## Given records
Start of Block
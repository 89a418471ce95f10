//! Which interrupt is due (Privileged ISA, 3.1.9 Machine Interrupt Registers).
ghost use Rattle.std.specs.Prelude.{◌≡◌};
ghost use Rattle.rv_csr.specs.Traps.{due, chosen, hears, is_wanted, takes_interrupts};

use crate::bits::has_bit;
use crate::csrs::Csrs;
use crate::inputs::Inputs;
use crate::mode::Mode;

// The numbers of the interrupts, which are their bits in mie and mip and their causes (Privileged
// ISA, 3.1.15 Machine Cause Register).
pub const SOFTWARE: u32 = 3;

pub const TIMER: u32 = 7;

pub const EXTERNAL: u32 = 11;

impl Csrs {
    /// The first interrupt that is pending and enabled.
    fn chosen(&self, inputs: &Inputs) -> Option<u32>
        ensures { result ≡ chosen self.now inputs.now }
    {
        if inputs.meip && has_bit(self.mie, EXTERNAL) {
            Some(EXTERNAL)
        } else if inputs.msip && has_bit(self.mie, SOFTWARE) {
            Some(SOFTWARE)
        } else if inputs.mtip && has_bit(self.mie, TIMER) {
            Some(TIMER)
        } else {
            None
        }
    }

    /// Whether an interrupt is enabled that would be taken in this mode.
    #[inline(always)]
    pub fn hears(&self, mode: Mode) -> bool
        ensures { result ≡ hears self.now mode }
    {
        self.mie != 0
            && match mode {
                Mode::U => true,
                Mode::M => self.status.mie,
            }
    }

    /// The interrupt that is to be entered before the next instruction.
    pub fn due_interrupt(&self, mode: Mode, inputs: &Inputs) -> Option<u32>
        ensures { result ≡ due self.now mode inputs.now }
    {
        let takes = match mode {
            Mode::U => true,
            Mode::M => self.status.mie,
        };
        if takes { self.chosen(inputs) } else { None }
    }

    /// Whether an interrupt is pending and enabled, which ends a wait.
    pub fn wakes(&self, inputs: &Inputs) -> bool
        ensures { result ≡ is_wanted self.now inputs.now }
    {
        (inputs.meip && has_bit(self.mie, EXTERNAL))
            || (inputs.msip && has_bit(self.mie, SOFTWARE))
            || (inputs.mtip && has_bit(self.mie, TIMER))
    }
}
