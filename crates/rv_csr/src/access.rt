//! Which accesses a register's number allows (Privileged ISA, 2.1 CSR Address Mapping Conventions).
ghost use Rattle.std.specs.Prelude.{◌≡◌};
ghost use Rattle.rv_csr.specs.Table.{mode_may, is_read_only};

use crate::mode::Mode;

/// An access to a register that isn't there, or that the mode may not make.
#[derive(Clone, Copy, PartialEq, Eq, Debug)]
pub struct Illegal;

/// Whether the number's bits 8 and 9 allow the mode.
pub fn mode_may(at: u16, mode: Mode) -> bool
    ensures { result ≡ mode_may at mode }
{
    match mode {
        Mode::M => true,
        Mode::U => at / 256 % 4 == 0,
    }
}

/// Whether the number's bits 10 and 11 are both 1.
pub fn is_read_only(at: u16) -> bool
    ensures { result ≡ is_read_only at }
{
    at / 1024 % 4 == 3
}
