//! Reading a control register by its number.
ghost use Rattle.std.specs.Prelude.{◌≡◌, false, ok_or};
ghost use Rattle.rv_csr.specs.Control.{Control};
ghost use Rattle.rv_csr.specs.Table.{counter_may, read_of, shown};
ghost use Rattle.rv_csr.specs.declared.inputs.Inputs.{Inputs as SomeInputs};
ghost use Rattle.rv_csr.specs.declared.mode.Mode.{Mode as SomeMode};

use crate::access::{Illegal, mode_may};
use crate::bits::{has_bit, high_half, low_half};
use crate::csrs::Csrs;
use crate::inputs::{Inputs, pending};
use crate::mode::Mode;
use crate::register::Register;

// RV32 with A, I, M and U (Privileged ISA, 3.1.1 Machine ISA Register).
const ISA: u32 = 0x4010_1101;

// The bits of mcounteren.
const CYCLE: u32 = 0;

const TIME: u32 = 1;

const INSTRET: u32 = 2;

impl Csrs {
    /// Whether U may read this counter.
    fn counter_may(&self, register: Register, mode: Mode) -> bool
        ensures { result ≡ counter_may self.now register mode }
    {
        match mode {
            Mode::M => true,
            Mode::U => match register {
                Register::Cycle | Register::Cycleh => has_bit(self.mcounteren, CYCLE),
                Register::Time | Register::Timeh => has_bit(self.mcounteren, TIME),
                Register::Instret | Register::Instreth => has_bit(self.mcounteren, INSTRET),
                _ => true,
            },
        }
    }

    /// What a register shows.
    fn shown(&self, register: Register, inputs: &Inputs) -> u32
        ensures { result ≡ shown self.now inputs.now register }
    {
        match register {
            Register::Mstatus => self.status.word(),
            Register::Misa => ISA,
            Register::Mie => self.mie,
            Register::Mtvec => self.mtvec,
            Register::Mcounteren => self.mcounteren,
            Register::Mscratch => self.mscratch,
            Register::Mepc => self.mepc,
            Register::Mcause => self.mcause,
            Register::Mtval => self.mtval,
            Register::Mip => pending(inputs),
            Register::Mcycle | Register::Cycle => low_half(self.cycle),
            Register::Mcycleh | Register::Cycleh => high_half(self.cycle),
            Register::Minstret | Register::Instret => low_half(self.instret),
            Register::Minstreth | Register::Instreth => high_half(self.instret),
            Register::Time => low_half(inputs.time),
            Register::Timeh => high_half(inputs.time),
            Register::Identity => 0,
        }
    }

    /// Reads the register with this number.
    pub fn read(&self, at: u16, mode: Mode, inputs: &Inputs) -> Result<u32, Illegal>
        ensures { result ≡ ok_or (read_of self.now at mode inputs.now) record {} }
    {
        let register = Register::numbered(at).ok_or(Illegal)?;
        if mode_may(at, mode) && self.counter_may(register, mode) {
            Ok(self.shown(register, inputs))
        } else {
            Err(Illegal)
        }
    }
}

/// Whether what is read at a number can depend on what comes from outside: mip, time and timeh.
pub fn reads_inputs(at: u16) -> bool
    ensures { result ≡ false → (c : Control) (mode : SomeMode) (i j : SomeInputs)
        → read_of c at mode i ≡ read_of c at mode j }
{
    match at {
        0x344 | 0xc01 | 0xc81 => true,
        _ => false,
    }
}
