//! Each register by its number, in both modes.
use super::*;

#[test]
fn each_register_reads_what_it_keeps_of_a_write(rt: HostRuntime) {
    let inputs = Inputs {
        msip: true,
        mtip: false,
        meip: true,
        time: 0x7_0000_0005,
    };
    // The number, what all ones leave there, and the bit of mcounteren that U needs, if it may.
    let rows: [(u16, Option<u32>, u32); 24] = [
        (0x300, Some(0x0022_1888), 0),
        (0x301, Some(0x4010_1101), 0),
        (0x304, Some(0x888), 0),
        (0x305, Some(0xffff_fffd), 0),
        (0x306, Some(7), 0),
        (0x340, Some(0xffff_ffff), 0),
        (0x341, Some(0xffff_fffc), 0),
        (0x342, Some(0xffff_ffff), 0),
        (0x343, Some(0xffff_ffff), 0),
        (0x344, Some(0x808), 0),
        (0xb00, Some(0xffff_ffff), 0),
        (0xb80, Some(0xffff_ffff), 0),
        (0xb02, Some(0xffff_ffff), 0),
        (0xb82, Some(0xffff_ffff), 0),
        (0xc00, None, 1),
        (0xc80, None, 1),
        (0xc01, None, 2),
        (0xc81, None, 2),
        (0xc02, None, 4),
        (0xc82, None, 4),
        (0xf11, None, 0),
        (0xf12, None, 0),
        (0xf13, None, 0),
        (0xf14, None, 0),
    ];
    for (at, kept, counter) in rows {
        let mut csrs = Csrs::new();
        assert!(rt;
            csrs.write(at, Mode::U, u32::MAX).is_err(),
            "U writes {at:x}"
        );
        assert!(rt; csrs.read(at, Mode::U, &inputs).is_err(), "U reads {at:x}");
        let written = csrs.write(at, Mode::M, u32::MAX);
        assert_eq!(rt; written.is_ok(), kept.is_some(), "M writes {at:x}");
        if let Some(word) = kept {
            assert_eq!(rt; csrs.read(at, Mode::M, &inputs), Ok(word), "M reads {at:x}");
        }
        for enabled in 0..8 {
            let set = csrs.write(0x306, Mode::M, enabled);
            assert!(rt; set.is_ok());
            let may = csrs.read(at, Mode::U, &inputs).is_ok();
            assert_eq!(rt;
                may,
                enabled & counter != 0,
                "U reads {at:x} under {enabled}"
            );
        }
    }
    let csrs = Csrs::new();
    assert_eq!(rt; csrs.read(0xc01, Mode::M, &inputs), Ok(5));
    assert_eq!(rt; csrs.read(0xc81, Mode::M, &inputs), Ok(7));
}

#[test]
fn registers_that_are_not_listed_are_illegal(rt: HostRuntime) {
    let inputs = Inputs {
        msip: false,
        mtip: false,
        meip: false,
        time: 0,
    };
    let mut csrs = Csrs::new();
    // mstatush, menvcfg, mcountinhibit, mhpmevent3, pmpcfg0, pmpaddr0, mhpmcounter3, mconfigptr
    for at in [0x310, 0x30a, 0x320, 0x323, 0x3a0, 0x3b0, 0xb03, 0xf15] {
        assert!(rt; csrs.read(at, Mode::M, &inputs).is_err(), "of {at:x}");
        assert!(rt; csrs.write(at, Mode::M, 0).is_err(), "of {at:x}");
    }
}

#[test]
fn a_trap_and_its_return_bring_the_mode_back(rt: HostRuntime) {
    let inputs = Inputs {
        msip: true,
        mtip: true,
        meip: false,
        time: 0,
    };
    let mut csrs = Csrs::new();
    // Vectored, with the software and the timer interrupt enabled and MIE and MPRV set.
    for (at, word) in [(0x305, 0x8000_0101), (0x304, 0x88), (0x300, 0x2_0008)] {
        assert!(rt; csrs.write(at, Mode::M, word).is_ok());
    }
    assert!(rt; csrs.wakes(&inputs));
    assert!(rt; csrs.hears(Mode::M));
    assert_eq!(rt; csrs.due_interrupt(Mode::M, &inputs), Some(3));
    assert_eq!(rt; csrs.enter_interrupt(Mode::U, 0x8000_0040, 3), 0x8000_010c);
    assert_eq!(rt; csrs.read(0x300, Mode::M, &inputs), Ok(0x2_0080));
    assert_eq!(rt; csrs.read(0x341, Mode::M, &inputs), Ok(0x8000_0040));
    assert_eq!(rt; csrs.read(0x342, Mode::M, &inputs), Ok(0x8000_0003));
    assert_eq!(rt; csrs.due_interrupt(Mode::M, &inputs), None);
    assert_eq!(rt; csrs.mret(), (0x8000_0040, Mode::U));
    assert_eq!(rt; csrs.read(0x300, Mode::M, &inputs), Ok(0x88));
    assert_eq!(rt; csrs.enter_trap(Mode::U, 0x8000_0044, 8, 0), 0x8000_0100);
    assert_eq!(rt; csrs.read(0x342, Mode::M, &inputs), Ok(8));
    csrs.tick(false);
    csrs.tick(true);
    assert_eq!(rt; csrs.read(0xb00, Mode::M, &inputs), Ok(2));
    assert_eq!(rt; csrs.read(0xb02, Mode::M, &inputs), Ok(1));
}
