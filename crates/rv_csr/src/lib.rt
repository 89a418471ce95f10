//! The control registers of a hart with machine and user mode: reading and writing by number, the
//! entry of traps and interrupts, the return from them, and which interrupt is due.
#![tactic(auto)]

mod access;
mod bits;
mod counting;
mod csrs;
mod inputs;
mod interrupts;
mod laws;
mod mode;
mod reading;
mod register;
mod status;
mod traps;
mod writing;

pub use access::Illegal;
pub use csrs::Csrs;
pub use inputs::Inputs;
pub use laws::{reads_what_was_written, return_undoes_entry};
pub use mode::Mode;
pub use reading::reads_inputs;

#[cfg(test)]
mod tests;
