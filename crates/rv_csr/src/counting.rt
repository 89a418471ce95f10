//! The counters of turns and of retired instructions.
ghost use Rattle.std.specs.Prelude.{◌≡◌};
ghost use Rattle.rv_csr.specs.Table.{ticked, ticked_times};

use crate::csrs::Csrs;

impl Csrs {
    /// Counts a turn, and the instruction where it retired. A counter that the turn wrote stays as
    /// written.
    #[inline(always)]
    pub fn tick(&mut self, retired: bool)
        ensures { self.new ≡ ticked self.old retired }
    {
        if !self.cycle_written {
            self.cycle = self.cycle.wrapping_add(1);
        }
        if retired && !self.instret_written {
            self.instret = self.instret.wrapping_add(1);
        }
        self.cycle_written = false;
        self.instret_written = false;
    }
    /// Counts so many turns whose instructions retired.
    #[tactic(auto, using(crate::proofs::Times::times))]
    pub fn tick_times(&mut self, turns: u32)
        ensures { self.new ≡ ticked_times turns self.old }
    {
        if turns == 0 {
            return;
        }
        self.tick(true);
        let more = u64::from(turns - 1);
        self.cycle = self.cycle.wrapping_add(more);
        self.instret = self.instret.wrapping_add(more);
    }
}
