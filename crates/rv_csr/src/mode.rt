//! The modes of the hart (Privileged ISA, 1.2 Privilege Levels).

/// The mode of the hart: user or machine.
#[derive(Clone, Copy, PartialEq, Eq, Debug)]
pub enum Mode {
    U,
    M,
}
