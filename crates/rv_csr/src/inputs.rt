//! What comes to the hart from outside.
ghost use Rattle.std.specs.Prelude.{◌≡◌};
ghost use Rattle.rv_csr.specs.Table.{pending};

use crate::bits::bit_if;
use crate::interrupts::{EXTERNAL, SOFTWARE, TIMER};

/// What comes to the hart from outside.
#[derive(Clone, Copy, PartialEq, Eq, Debug)]
pub struct Inputs {
    /// The level of the machine software interrupt.
    pub msip: bool,
    /// The level of the machine timer interrupt.
    pub mtip: bool,
    /// The level of the machine external interrupt.
    pub meip: bool,
    /// The count of mtime.
    pub time: u64,
}

/// The pending interrupts as bits of mip.
pub fn pending(inputs: &Inputs) -> u32
    ensures { result ≡ pending inputs.now }
{
    bit_if(inputs.msip, SOFTWARE) | bit_if(inputs.mtip, TIMER) | bit_if(inputs.meip, EXTERNAL)
}
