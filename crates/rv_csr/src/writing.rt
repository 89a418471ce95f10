//! Writing a control register by its number.
ghost use Rattle.std.specs.Prelude.{◌≡◌};
ghost use Rattle.rv_csr.specs.Table.{write_of, written, WritesTo};

use crate::access::{Illegal, is_read_only, mode_may};
use crate::bits::{with_high_half, with_low_half};
use crate::csrs::Csrs;
use crate::mode::Mode;
use crate::register::Register;

// The bits that a register keeps of a word that is written to it.
const MIE_BITS: u32 = 0x888;

const MTVEC_BITS: u32 = 0xffff_fffd;

const MCOUNTEREN_BITS: u32 = 7;

const MEPC_BITS: u32 = 0xffff_fffc;

impl Csrs {
    /// Puts a word into a register.
    fn put(&mut self, register: Register, value: u32)
        ensures { self.new ≡ written self.old value register }
    {
        match register {
            Register::Mstatus => self.status.write(value),
            Register::Mie => self.mie = value & MIE_BITS,
            Register::Mtvec => self.mtvec = value & MTVEC_BITS,
            Register::Mcounteren => self.mcounteren = value & MCOUNTEREN_BITS,
            Register::Mscratch => self.mscratch = value,
            Register::Mepc => self.mepc = value & MEPC_BITS,
            Register::Mcause => self.mcause = value,
            Register::Mtval => self.mtval = value,
            Register::Mcycle => {
                self.cycle = with_low_half(self.cycle, value);
                self.cycle_written = true;
            }
            Register::Mcycleh => {
                self.cycle = with_high_half(self.cycle, value);
                self.cycle_written = true;
            }
            Register::Minstret => {
                self.instret = with_low_half(self.instret, value);
                self.instret_written = true;
            }
            Register::Minstreth => {
                self.instret = with_high_half(self.instret, value);
                self.instret_written = true;
            }
            _ => {}
        }
    }

    /// Writes the register with this number.
    pub fn write(&mut self, at: u16, mode: Mode, value: u32) -> Result<(), Illegal>
        ensures { WritesTo (write_of self.old at mode value) self.old result self.new }
    {
        let register = Register::numbered(at).ok_or(Illegal)?;
        if mode_may(at, mode) && !is_read_only(at) {
            self.put(register, value);
            Ok(())
        } else {
            Err(Illegal)
        }
    }
}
End of Block
## To do
Give the exact lines, and only those, from the line containing "(inputs.meip && has_bit(self.mie, EXTERNAL))" through the line containing "pub struct Illegal;" in the entries above.

## Answer section
        (inputs.meip && has_bit(self.mie, EXTERNAL))
            || (inputs.msip && has_bit(self.mie, SOFTWARE))
            || (inputs.mtip && has_bit(self.mie, TIMER))
    }
}
filename crates/rv_csr/src/access.rt
//! Which accesses a register's number allows (Privileged ISA, 2.1 CSR Address Mapping Conventions).
ghost use Rattle.std.specs.Prelude.{◌≡◌};
ghost use Rattle.rv_csr.specs.Table.{mode_may, is_read_only};

use crate::mode::Mode;

/// An access to a register that isn't there, or that the mode may not make.
#[derive(Clone, Copy, PartialEq, Eq, Debug)]
pub struct Illegal;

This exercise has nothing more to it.